▸ Task prompt:
Every line of the data below should be written out word for word.

▸ Data listing:
//! What a line does with a frame.
ghost use Rattle.std.specs.Prelude.{◌≡◌, ◌≤◌, [], length};
ghost use Rattle.trace_text.specs.Kinds.{kind_bytes};

use arrayvec::ArrayVec;

/// What a line does with a frame. All but `Ok` and `Noise` are faults, or end the run.
#[derive(Drop)]
pub enum Fate {
    /// It arrives.
    Ok,
    /// Nothing arrives.
    Lost,
    /// It arrives once the line was silent; what its end sends behind it waits too.
    Late,
    /// So many of its bytes arrive, modulo its length.
    Cut(u16),
    /// It arrives with bytes xored over its own from this place on, modulo its length.
    Hit(u16, ArrayVec<u8, 8>),
    /// Bytes arrive by themselves, and then the frame.
    Noise(ArrayVec<u8, 1040>),
    /// The cable is pulled: nothing arrives, and the run ends.
    Unplug,
    /// Nothing arrives, and the run ends; an abort packet stands in its place.
    Abort,
}

/// What a line does with a frame, without the bytes that a hit or noise has.
#[derive(Clone, Copy)]
pub enum FateKind {
    Ok,
    Lost,
    Late,
    Cut(u16),
    Hit(u16),
    Noise,
    Unplug,
    Abort,
}

/// A fate whose bytes lie elsewhere: those that a hit xors over the frame's, or the noise. Other fates have none.
#[derive(Clone, Copy)]
pub struct FateLent<'a> {
    pub kind: FateKind,
    pub bytes: &'a [u8],
    ghost short: { length bytes.now ≤ 1040 },
    ghost fits: { bytes.now ≡ kind_bytes kind bytes.now },
}

impl Fate {
    ghost use Rattle.std.specs.Prelude.{◌≡◌};
    ghost use Rattle.trace_text.specs.Fates.{fate_value};
    ghost use Rattle.trace_text.specs.Lent.{lent_fate};

    /// The fate, with its bytes where they lie.
    pub fn lent(&self) -> FateLent<'_>
        ensures { lent_fate result ≡ fate_value self.now }
    {
        match self {
            Fate::Ok => bare(FateKind::Ok),
            Fate::Lost => bare(FateKind::Lost),
            Fate::Late => bare(FateKind::Late),
            Fate::Cut(count) => bare(FateKind::Cut(*count)),
            Fate::Hit(place, bytes) => FateLent {
                kind: FateKind::Hit(*place),
                bytes: bytes.as_slice(),
            },
            Fate::Noise(bytes) => FateLent {
                kind: FateKind::Noise,
                bytes: bytes.as_slice(),
            },
            Fate::Unplug => bare(FateKind::Unplug),
            Fate::Abort => bare(FateKind::Abort),
        }
    }
}

// A fate that has no bytes.
fn bare(kind: FateKind) -> FateLent<'static>
    ensures kind { result.kind ≡ kind }
    ensures bytes { result.bytes.now ≡ [] }
{
    FateLent { kind, bytes: &[] }
}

▸ Solved problem:
//! What a line does with a frame.
ghost use Rattle.std.specs.Prelude.{◌≡◌, ◌≤◌, [], length};
ghost use Rattle.trace_text.specs.Kinds.{kind_bytes};

use arrayvec::ArrayVec;

/// What a line does with a frame. All but `Ok` and `Noise` are faults, or end the run.
#[derive(Drop)]
pub enum Fate {
    /// It arrives.
    Ok,
    /// Nothing arrives.
    Lost,
    /// It arrives once the line was silent; what its end sends behind it waits too.
    Late,
    /// So many of its bytes arrive, modulo its length.
    Cut(u16),
    /// It arrives with bytes xored over its own from this place on, modulo its length.
    Hit(u16, ArrayVec<u8, 8>),
    /// Bytes arrive by themselves, and then the frame.
    Noise(ArrayVec<u8, 1040>),
    /// The cable is pulled: nothing arrives, and the run ends.
    Unplug,
    /// Nothing arrives, and the run ends; an abort packet stands in its place.
    Abort,
}

/// What a line does with a frame, without the bytes that a hit or noise has.
#[derive(Clone, Copy)]
pub enum FateKind {
    Ok,
    Lost,
    Late,
    Cut(u16),
    Hit(u16),
    Noise,
    Unplug,
    Abort,
}

/// A fate whose bytes lie elsewhere: those that a hit xors over the frame's, or the noise. Other fates have none.
#[derive(Clone, Copy)]
pub struct FateLent<'a> {
    pub kind: FateKind,
    pub bytes: &'a [u8],
    ghost short: { length bytes.now ≤ 1040 },
    ghost fits: { bytes.now ≡ kind_bytes kind bytes.now },
}

impl Fate {
    ghost use Rattle.std.specs.Prelude.{◌≡◌};
    ghost use Rattle.trace_text.specs.Fates.{fate_value};
    ghost use Rattle.trace_text.specs.Lent.{lent_fate};

    /// The fate, with its bytes where they lie.
    pub fn lent(&self) -> FateLent<'_>
        ensures { lent_fate result ≡ fate_value self.now }
    {
        match self {
            Fate::Ok => bare(FateKind::Ok),
            Fate::Lost => bare(FateKind::Lost),
            Fate::Late => bare(FateKind::Late),
            Fate::Cut(count) => bare(FateKind::Cut(*count)),
            Fate::Hit(place, bytes) => FateLent {
                kind: FateKind::Hit(*place),
                bytes: bytes.as_slice(),
            },
            Fate::Noise(bytes) => FateLent {
                kind: FateKind::Noise,
                bytes: bytes.as_slice(),
            },
            Fate::Unplug => bare(FateKind::Unplug),
            Fate::Abort => bare(FateKind::Abort),
        }
    }
}

// A fate that has no bytes.
fn bare(kind: FateKind) -> FateLent<'static>
    ensures kind { result.kind ≡ kind }
    ensures bytes { result.bytes.now ≡ [] }
{
    FateLent { kind, bytes: &[] }
}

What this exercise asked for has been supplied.